# Can't find small hydraulic cylinder



## David Niquette (Apr 8, 2018)

Can someone point me in the right direction. I am looking for a hydraulic cylinder. everything I find it's too big Overkill for what I need. I am looking for something with a 8” stroke just enough to lift a front-mounted mower deck And to build a small three point hitch to lift a 48” blade.


----------



## TonsOfGuns (May 10, 2020)

https://www.magisterhyd.com/

Great products, good prices, good customer service


----------



## Bob Driver (Nov 1, 2017)

Maybe you could use a 12VDC linear actuator instead.
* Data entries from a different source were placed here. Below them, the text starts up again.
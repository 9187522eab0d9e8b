//! The files of the machine that the program runs on.
ghost use Rattle.std.specs.Prelude.{⊤, ◌≡◌, ◌≤◌, None, IfErr, IfOk, vec_len};
ghost use Rattle.cpm_host.specs.Refusals.{IsFileRefusal, IsOutRefusal};
ghost use Rattle.cpm_store.specs.Files.{CountsFailure};

use crate::batch::{Batch, NamingRule};
use crate::beside::is_missing;
use crate::bounds::FileRules;
use crate::folder::names_in;
use crate::held::LockableFiles;
use crate::output::Outputs;
use crate::plan::SeenFiles;
use crate::refused::{CommandRefusal, RefusalDetail};
use crate::repeated::RepeatedFiles;
use crate::screen::{is_own_terminal, write_shown};
use cpm_commands::{CommandFiles, FilePlan, OutputNaming};
use cpm_host::{HostError, MOST_FILE, Store, StoreError, read_whole, shown};
use std::alloc::Global;
use std::io::ErrorKind;
use std::path::Path;
use std::rt::Files;
use std::{fs, io};

/// All bytes of a file.
pub fn whole_file(rt: &impl Files, alloc: Global, name: &str) -> io::Result<Vec<u8>>
    ensures small { IfOk result (λ bytes. vec_len bytes ≤ MOST_FILE) }
{
    let mut file = fs::open(rt, name)?;
    read_whole(alloc, &mut file)
}

/// What was found at the name of a file that is read. It fails where the file couldn't be looked at. But nothing was found of one that can't be opened
/// either: that is refused where it is read, in its turn.
pub fn found_of_input<T: Drop>(
    rt: &impl Files,
    name: &str,
    looked: io::Result<Option<T>>,
) -> Result<Option<T>, HostError> {
    match looked {
        Ok(found) => Ok(found),
        Err(reason) if reason.kind() != ErrorKind::OutOfMemory && fs::open(rt, name).is_err() => {
            Ok(None)
        }
        Err(reason) => Err(unreadable(name, reason)),
    }
}

/// Fails where a file of this name can't be written.
pub fn check_file(rt: &impl LockableFiles, outputs: Outputs, name: &str) -> Result<(), HostError>
    ensures refusal { IfErr result (IsOutRefusal name.now) }
{
    outputs
        .check(rt, name)
        .map_err(|reason| unwritable(name, reason))
}

/// Fails where no files can be written into a folder of this name, or those there can't be listed.
pub fn check_folder(
    rt: &impl LockableFiles,
    outputs: Outputs,
    folder: &str,
) -> Result<(), HostError>
    ensures refusal { IfErr result (IsOutRefusal folder.now) }
{
    if let Err(reason) = names_in(rt, rt.alloc(), folder) {
        return Err(unwritable(folder, reason));
    }
    outputs
        .check_folder(rt, folder)
        .map_err(|reason| unwritable(folder, reason))
}

/// Why a file was not written.
pub fn unwritable(name: &str, reason: io::Error) -> HostError
    ensures { IsOutRefusal name.now result }
{
    if reason.kind() == ErrorKind::OutOfMemory {
        HostError::OutOfMemory
    } else {
        HostError::FileUnwritable {
            name: shown(name),
            reason,
        }
    }
}

/// Why a file was not read.
pub fn unreadable(name: &str, reason: io::Error) -> HostError
    ensures { IsFileRefusal name.now result }
{
    if reason.kind() == ErrorKind::OutOfMemory {
        HostError::OutOfMemory
    } else {
        HostError::FileUnreadable {
            name: shown(name),
            reason,
        }
    }
}

/// The files of the machine as those of a command. They don't tell what they hold, since others can write them. What is written has its name once all have
/// taken theirs.
#[derive(Drop)]
pub struct MachineFiles<'a, R: LockableFiles> {
    rt: &'a R,
    outputs: Outputs,
    rules: FileRules<'a>,
    /// Whether the terminal gets control bytes as text.
    shows_controls: bool,
    seen: SeenFiles,
    batch: Batch,
    failures: u64,
    /// What is said of the last call that failed.
    detail: RefusalDetail,
    /// The files that are read more than once.
    repeated: RepeatedFiles,
}

impl<'a, R: LockableFiles> MachineFiles<'a, R> {
    /// The files, of which no call has failed yet, with those that are written so.
    pub fn new(
        rt: &'a R,
        outputs: Outputs,
        rules: FileRules<'a>,
        shows_controls: bool,
        batch: Batch,
    ) -> MachineFiles<'a, R>
        ensures { result.failures ≡ 0 }
    {
        MachineFiles {
            rt,
            outputs,
            rules,
            shows_controls,
            seen: SeenFiles::none(rt),
            batch,
            failures: 0,
            detail: RefusalDetail::Nothing,
            repeated: RepeatedFiles::none(rt.alloc()),
        }
    }

    /// The files of a command that plays nothing.
    pub fn plain(rt: &'a R, outputs: Outputs) -> MachineFiles<'a, R> {
        let batch = Batch::new(rt, outputs);
        MachineFiles::new(rt, outputs, FileRules::none(), false, batch)
    }

    /// The files of one request of a service, which lie in these folders.
    pub fn in_folders(rt: &'a R, outputs: Outputs, folders: &'a [&'a str]) -> MachineFiles<'a, R> {
        let batch = Batch::new(rt, outputs);
        MachineFiles::new(rt, outputs, FileRules::of_service(folders), false, batch)
    }

    /// What is said of a command that ended so. Nothing is left then of what was made and has no name: a command may end after some of its files were, where
    /// memory is refused between two of them.
    pub fn end<T: Drop>(self, ended: Result<T, HostError>) -> Result<T, CommandRefusal> {
        let MachineFiles {
            rt,
            mut batch,
            detail,
            ..
        } = self;
        match ended {
            Ok(done) => Ok(done),
            Err(error) => {
                batch.remove(rt);
                Err(CommandRefusal {
                    error,
                    behind: detail,
                })
            }
        }
    }

    /// Keeps what is said of a refusal, which is its error.
    fn keep(&mut self, refused: CommandRefusal) -> HostError
        ensures { self.new.failures ≡ self.old.failures }
    {
        let CommandRefusal { error, behind } = refused;
        self.detail = behind;
        error
    }

    /// What a call answers that failed so. That is counted unless it is out of memory.
    fn fault(&mut self, reason: io::Error) -> StoreError
        ensures device { result ≡ StoreError.Device → CountsFailure self.old.failures self.new.failures }
        ensures memory { result ≡ StoreError.OutOfMemory → self.new.failures ≡ self.old.failures }
        ensures rises { self.old.failures ≤ self.new.failures }
    {
        if reason.kind() == ErrorKind::OutOfMemory {
            return StoreError::OutOfMemory;
        }
        self.failures = self.failures.saturating_add(1);
        self.detail = RefusalDetail::Reason(reason);
        StoreError::Device
    }

    /// All bytes of a file. What was read before is given again; else the file is looked at once more, as its links may have changed since it was seen to.
    fn read_seen(&mut self, alloc: Global, name: &str) -> io::Result<Vec<u8>>
        ensures { self.new.failures ≡ self.old.failures }
    {
        if let Some(bytes) = self.repeated.give(alloc, name)? {
            return Ok(bytes);
        }
        self.seen.bounds.admit(self.rt, name)?;
        let bytes = whole_file(self.rt, alloc, name)?;
        self.repeated.keep(alloc, name, bytes.as_slice())?;
        Ok(bytes)
    }

    /// Sees to the files of a plan. What was held for one before it is held on.
    fn see(&mut self, plan: &FilePlan<'_>) -> Result<(), CommandRefusal> {
        let seen = SeenFiles::of(self.rt, self.outputs, self.rules, plan)?;
        self.seen.add(seen)?;
        self.repeated = RepeatedFiles::of(self.rt.alloc(), &plan.inputs)?;
        Ok(())
    }

    /// Makes a file of these bytes, whose name is looked at once more. The terminal gets control bytes as text, if that is asked.
    fn write_seen(&mut self, name: &str, bytes: &[u8]) -> io::Result<()>
        ensures { self.new.failures ≡ self.old.failures }
    {
        self.seen.bounds.admit(self.rt, name)?;
        if self.shows_controls && is_own_terminal(self.rt, name) {
            return write_shown(self.rt, name, bytes);
        }
        let rule = self.rule_of(name)?;
        self.batch.add(self.rt, name, rule, bytes)
    }

    /// How the file of a name takes it.
    fn rule_of(&self, name: &str) -> io::Result<NamingRule> {
        let mark = match self.seen.held.mark_of(name) {
            Some(mark) => Some(mark),
            None => self.seen.marks.mark_of(self.rt, name)?,
        };
        Ok(match self.seen.naming {
            OutputNaming::Replaces => NamingRule::Replacing(mark),
            OutputNaming::ReplacesPlain => NamingRule::ReplacingPlain(mark),
            OutputNaming::New => NamingRule::New,
        })
    }
}

impl<R: LockableFiles> Store for MachineFiles<'_, R> {
    ghost files = { λ _. None };

    ghost failed = { λ s. s.failures };

    // Nothing can be said of what a file of the machine holds. What was read and written is said by the calls of whoever calls.
    ghost does = { λ _ _ _. ⊤ };

    fn read(&mut self, alloc: Global, name: &str) -> Result<Vec<u8>, StoreError> {
        match self.read_seen(alloc, name) {
            Ok(bytes) => Ok(bytes),
            Err(reason) => Err(self.fault(reason)),
        }
    }

    fn write(&mut self, name: &str, bytes: &[u8]) -> Result<(), StoreError> {
        match self.write_seen(name, bytes) {
            Ok(()) => Ok(()),
            Err(reason) => Err(self.fault(reason)),
        }
    }

    fn failures(&self) -> u64 {
        self.failures
    }
}

impl<R: LockableFiles> CommandFiles for MachineFiles<'_, R> {
    ghost sees_to = { λ _ _ _ _. ⊤ };

    ghost gives_names = { λ _ _ _. ⊤ };

    ghost tells_name = { λ _ _ _. ⊤ };

    ghost tells_folder = { λ _ _ _. ⊤ };

    ghost lists = { λ _ _ _. ⊤ };

    ghost unlists = { λ _ _ _. ⊤ };

    fn see_to(&mut self, plan: &FilePlan<'_>) -> Result<(), HostError> {
        match self.see(plan) {
            Ok(()) => Ok(()),
            Err(refused) => Err(self.keep(refused)),
        }
    }

    fn has(&self, name: &str) -> bool {
        !is_missing(fs::symlink_metadata(self.rt, name))
    }

    fn is_folder(&self, name: &str) -> bool {
        Path::new(name).is_dir(self.rt)
    }

    fn files_in(&self, alloc: Global, folder: &str) -> Result<Vec<String>, HostError> {
        names_in(self.rt, alloc, folder).map_err(|reason| unreadable(folder, reason))
    }

    fn give_names(&mut self) -> Result<(), HostError> {
        match self.batch.take_names(self.rt) {
            Ok(()) => Ok(()),
            Err(refused) => Err(self.keep(refused)),
        }
    }
}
I just mounted one on a Exmark with a 72" deck for a customer of mine. He had his right knee joint replaced and he doesn't have enough strength to raise the deck anymore. I rigged one of these up and made it an "Electric Deck" for him. Good quality and will lift that huge 72" Exmark deck without even grunting. $155...... 1,350 lbs capacity. Pulls 7.5 amps










https://www.vxb.com/13-Inch-Stroke-...MI-celj8mf6QIVJRh9Ch136wbsEAYYAyABEgJj1fD_BwE


----------



## Groo (Jan 17, 2020)

Magister sells on Amazon for decent prices.


----------



## Clifford B. (Nov 20, 2019)

Surplus Center .com
All kinds of stuff, some good priced, some not so good.............


----------